*** Begin section ***

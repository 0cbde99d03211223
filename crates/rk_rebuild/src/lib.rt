//! How a master that rebuilds a tablet gathers what the logs of a lineage hold, and merges it.
//!
//! It builds on `rk_world`, whose definitions say what is read next, what counts, and what is merged; code here does
//! just that. What it promises: [`Gather::next`] returns the segment that is read next, [`Gather::take`] takes that and
//! no other, and [`Gather::merge`] makes what a rebuild adds to its log: copies of the newest items that its own entries
//! lack, a floor, and the last end of each client. A call that finds no memory changes nothing. [`counted_entries`]
//! returns what counts of the rebuilding master's own entries.
#![tactic(auto)]

pub use gather::Gather;
pub use material::{counted_entries, lend_each, named};

mod copies;
mod ends;
mod floor;
mod gather;
mod material;
mod member;
mod merging;
mod reading;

*** End section ***

Each record needs to be given again exactly.

*The answer*:
repository 0cbde99d03211223
filename crates/rk_rebuild/src/lib.rt
//! How a master that rebuilds a tablet gathers what the logs of a lineage hold, and merges it.
//!
//! It builds on `rk_world`, whose definitions say what is read next, what counts, and what is merged; code here does
//! just that. What it promises: [`Gather::next`] returns the segment that is read next, [`Gather::take`] takes that and
//! no other, and [`Gather::merge`] makes what a rebuild adds to its log: copies of the newest items that its own entries
//! lack, a floor, and the last end of each client. A call that finds no memory changes nothing. [`counted_entries`]
//! returns what counts of the rebuilding master's own entries.
#![tactic(auto)]

pub use gather::Gather;
pub use material::{counted_entries, lend_each, named};

mod copies;
mod ends;
mod floor;
mod gather;
mod material;
mod member;
mod merging;
mod reading;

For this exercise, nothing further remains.